We eat everything from bream to catfish up to striper. My family likes sand bass the best for a fish fry. But I agitate and drain it several times, and usually soak it overnight in slightly salty water. I also trim out most of the red meat. They think crappie is too soft. My favorite fried fish meal is a small catfish, on the bone.


----------



## El Capitan de No Fish (Sep 20, 2007)

Crappie


----------



## Hook 'Em!!! (Jun 2, 2009)

White bass seem a little fishy unless you soak them in lemon juice and baking soda mixed into a little water before cooking them.
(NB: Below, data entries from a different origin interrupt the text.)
//! The rows of the path's node by their places, of which those of the last lead are not rung yet.

ghost use Rattle.std.specs.Prelude.{◌≡◌, ◌+◌, ◌-◌, ◌<◌, ℕ, List, [], length, get_or, nat_lt, nat_le, All};
ghost use Rattle.cr_model.specs.Callings.{length_of, rows_of, rows_from, last_of};
ghost use Rattle.cr_audit.specs.Paths.{IsAt};

use crate::path::{Path, last_changes, last_row};
use cr_model::Problem;
use cr_row::{Change, Row, change_of_a_row, rounds_is_neutral};

/// How many rows there are before the last lead, and how many in it.
#[derive(Clone, Copy)]
pub struct Size {
    pub before: u64,
    pub last: u64,
}

impl Size {
    /// Those of the path's node.
    pub fn of(problem: &Problem, path: &Path) -> Size
        requires { IsAt problem.now path.now }
        ensures { result.before + result.last ≡ length_of problem.now path.now.node.items }
    {
        Size {
            before: path.rows.len() as u64,
            last: last_changes(problem, path).len() as u64,
        }
    }
}

/// Whether there are no more than so many.
pub fn has_room(size: Size, most: u64) -> bool
    ensures { result ≡ nat_le (size.before + size.last) most }
{
    size.before <= most && size.last <= most - size.before
}

/// Whether there is such a place.
pub fn has_place(size: Size, place: u64) -> bool
    ensures { result ≡ nat_lt place (size.before + size.last) }
{
    place < size.before || place - size.before < size.last
}

/// Whether there is a place behind this one.
pub fn goes_on_behind(size: Size, place: u64) -> bool
    ensures { result ≡ nat_lt (place + 1) (size.before + size.last) }
{
    if place < size.before {
        0 < size.last || 1 < size.before - place
    } else {
        place - size.before < size.last && 1 < size.last - (place - size.before)
    }
}

/// How many are left up to the most.
pub fn left_of(most: u64, size: Size) -> u64
    ensures { result ≡ most - (size.before + size.last) }
{
    most.saturating_sub(size.before).saturating_sub(size.last)
}

/// The row at a place. One of the last lead is rung from the head before it.
pub fn row_at(problem: &Problem, path: &Path, place: usize) -> Row
    requires at { IsAt problem.now path.now }
    requires place { place < length_of problem.now path.now.node.items }
    ensures { result ≡ get_or (rows_of problem.now path.now.node.items) place [] }
{
    change_of_a_row();
    rounds_is_neutral();
    let before = path.rows.len();
    if place < before {
        return path.rows[place];
    }
    let head = last_row(&path.rows, problem.stage());
    row_after(head, last_changes(problem, path), place - before)
}

// The row after the change at an index.
fn row_after(from: Row, changes: &[Change], index: usize) -> Row
    requires fit { All (λ change. change.stage ≡ length from) changes.now }
    requires index { index < length changes.now }
    ensures { result ≡ get_or (rows_from from changes.now) index [] }
{
    last_after(from, &changes[..index + 1])
}

// The row after some changes.
fn last_after(from: Row, changes: &[Change]) -> Row
    requires { All (λ change. change.stage ≡ length from) changes.now }
    ensures { result ≡ last_of from (rows_from from changes.now) }
{
    let mut row = from;
    for change in changes {
        row = row.then(change);
    }
    row
}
Crappie, straight off the bone, is delicious.


----------



## BuddyW (Nov 5, 2008)

came from WI and we also had a white bass run on the wolf river - fantastic fishing, but not as big of fish as down here. another way to try them is to smoke them - the meat if firm enough to take it and it is excellent we cut all the red out so no fishy taste. both crappie and wb are great for frying. we miss our walleye - that's some good stuff also. salt water = flounder all the way


----------



## Blastn & Castn (Mar 11, 2010)

YELLOW CAT #1... But I love to eat most all game fish whenever we can


----------



## rsumrall (Jul 2, 2010)

Crappie, Catfish, Striper, White, in that order is my preference.


----------



## lettuce $ (Jul 10, 2010)

crappie # 1


----------



## live2fish247 (Jul 31, 2007)

Always been crappie but after the white bass we fried up last Sunday at the lake its a tough choice. I'll take a bream over anything though.


----------